Here are some entries. Print them exactly as they are.

*Records provided*.
------------
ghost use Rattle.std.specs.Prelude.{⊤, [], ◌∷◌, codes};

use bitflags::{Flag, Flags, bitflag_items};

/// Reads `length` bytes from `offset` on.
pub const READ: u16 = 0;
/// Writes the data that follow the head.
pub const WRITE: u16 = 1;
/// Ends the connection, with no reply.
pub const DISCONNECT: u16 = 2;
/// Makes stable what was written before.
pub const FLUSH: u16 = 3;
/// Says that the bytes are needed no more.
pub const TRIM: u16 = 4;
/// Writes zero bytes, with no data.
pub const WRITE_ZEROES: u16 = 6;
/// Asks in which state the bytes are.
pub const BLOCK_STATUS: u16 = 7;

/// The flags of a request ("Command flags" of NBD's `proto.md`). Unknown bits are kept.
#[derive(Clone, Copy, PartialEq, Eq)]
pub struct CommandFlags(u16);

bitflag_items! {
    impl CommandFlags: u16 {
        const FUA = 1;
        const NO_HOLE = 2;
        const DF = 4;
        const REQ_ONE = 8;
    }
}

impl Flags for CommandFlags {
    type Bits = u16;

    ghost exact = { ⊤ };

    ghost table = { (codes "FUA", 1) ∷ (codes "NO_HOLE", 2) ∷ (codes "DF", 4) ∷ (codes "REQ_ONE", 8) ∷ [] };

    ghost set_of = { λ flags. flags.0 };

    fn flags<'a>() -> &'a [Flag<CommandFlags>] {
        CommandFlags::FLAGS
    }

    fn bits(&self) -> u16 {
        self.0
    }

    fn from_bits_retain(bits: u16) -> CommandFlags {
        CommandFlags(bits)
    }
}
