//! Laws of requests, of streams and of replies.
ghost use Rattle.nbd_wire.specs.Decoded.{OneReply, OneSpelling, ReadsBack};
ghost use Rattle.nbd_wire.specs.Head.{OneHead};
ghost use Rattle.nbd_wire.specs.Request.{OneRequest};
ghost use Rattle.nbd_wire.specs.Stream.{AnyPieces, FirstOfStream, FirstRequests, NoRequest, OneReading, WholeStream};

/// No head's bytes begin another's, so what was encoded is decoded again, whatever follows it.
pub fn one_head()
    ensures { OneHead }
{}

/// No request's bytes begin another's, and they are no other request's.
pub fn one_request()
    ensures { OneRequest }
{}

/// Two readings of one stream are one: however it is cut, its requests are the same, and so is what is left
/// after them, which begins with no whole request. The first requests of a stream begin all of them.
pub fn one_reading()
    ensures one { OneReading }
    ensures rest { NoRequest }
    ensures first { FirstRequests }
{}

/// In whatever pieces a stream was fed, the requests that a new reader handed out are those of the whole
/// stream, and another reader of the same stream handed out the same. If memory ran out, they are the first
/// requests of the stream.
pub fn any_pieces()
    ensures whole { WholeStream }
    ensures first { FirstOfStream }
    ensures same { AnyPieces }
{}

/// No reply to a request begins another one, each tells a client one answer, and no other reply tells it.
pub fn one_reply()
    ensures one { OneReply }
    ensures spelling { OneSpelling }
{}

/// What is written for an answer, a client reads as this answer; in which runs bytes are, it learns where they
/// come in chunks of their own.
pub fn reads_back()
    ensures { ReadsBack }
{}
------------
*Result*.
ghost use Rattle.std.specs.Prelude.{⊤, [], ◌∷◌, codes};

use bitflags::{Flag, Flags, bitflag_items};

/// Reads `length` bytes from `offset` on.
pub const READ: u16 = 0;
/// Writes the data that follow the head.
pub const WRITE: u16 = 1;
/// Ends the connection, with no reply.
pub const DISCONNECT: u16 = 2;
/// Makes stable what was written before.
pub const FLUSH: u16 = 3;
/// Says that the bytes are needed no more.
pub const TRIM: u16 = 4;
/// Writes zero bytes, with no data.
pub const WRITE_ZEROES: u16 = 6;
/// Asks in which state the bytes are.
pub const BLOCK_STATUS: u16 = 7;

/// The flags of a request ("Command flags" of NBD's `proto.md`). Unknown bits are kept.
#[derive(Clone, Copy, PartialEq, Eq)]
pub struct CommandFlags(u16);

bitflag_items! {
    impl CommandFlags: u16 {
        const FUA = 1;
        const NO_HOLE = 2;
        const DF = 4;
        const REQ_ONE = 8;
    }
}

impl Flags for CommandFlags {
    type Bits = u16;

    ghost exact = { ⊤ };

    ghost table = { (codes "FUA", 1) ∷ (codes "NO_HOLE", 2) ∷ (codes "DF", 4) ∷ (codes "REQ_ONE", 8) ∷ [] };

    ghost set_of = { λ flags. flags.0 };

    fn flags<'a>() -> &'a [Flag<CommandFlags>] {
        CommandFlags::FLAGS
    }

    fn bits(&self) -> u16 {
        self.0
    }

    fn from_bits_retain(bits: u16) -> CommandFlags {
        CommandFlags(bits)
    }
}
//! Laws of requests, of streams and of replies.
ghost use Rattle.nbd_wire.specs.Decoded.{OneReply, OneSpelling, ReadsBack};
ghost use Rattle.nbd_wire.specs.Head.{OneHead};
ghost use Rattle.nbd_wire.specs.Request.{OneRequest};
ghost use Rattle.nbd_wire.specs.Stream.{AnyPieces, FirstOfStream, FirstRequests, NoRequest, OneReading, WholeStream};

/// No head's bytes begin another's, so what was encoded is decoded again, whatever follows it.
pub fn one_head()
    ensures { OneHead }
{}

/// No request's bytes begin another's, and they are no other request's.
pub fn one_request()
    ensures { OneRequest }
{}

/// Two readings of one stream are one: however it is cut, its requests are the same, and so is what is left
/// after them, which begins with no whole request. The first requests of a stream begin all of them.
pub fn one_reading()
    ensures one { OneReading }
    ensures rest { NoRequest }
    ensures first { FirstRequests }
{}

/// In whatever pieces a stream was fed, the requests that a new reader handed out are those of the whole
/// stream, and another reader of the same stream handed out the same. If memory ran out, they are the first
/// requests of the stream.
pub fn any_pieces()
    ensures whole { WholeStream }
    ensures first { FirstOfStream }
    ensures same { AnyPieces }
{}

/// No reply to a request begins another one, each tells a client one answer, and no other reply tells it.
pub fn one_reply()
    ensures one { OneReply }
    ensures spelling { OneSpelling }
{}

/// What is written for an answer, a client reads as this answer; in which runs bytes are, it learns where they
/// come in chunks of their own.
pub fn reads_back()
    ensures { ReadsBack }
{}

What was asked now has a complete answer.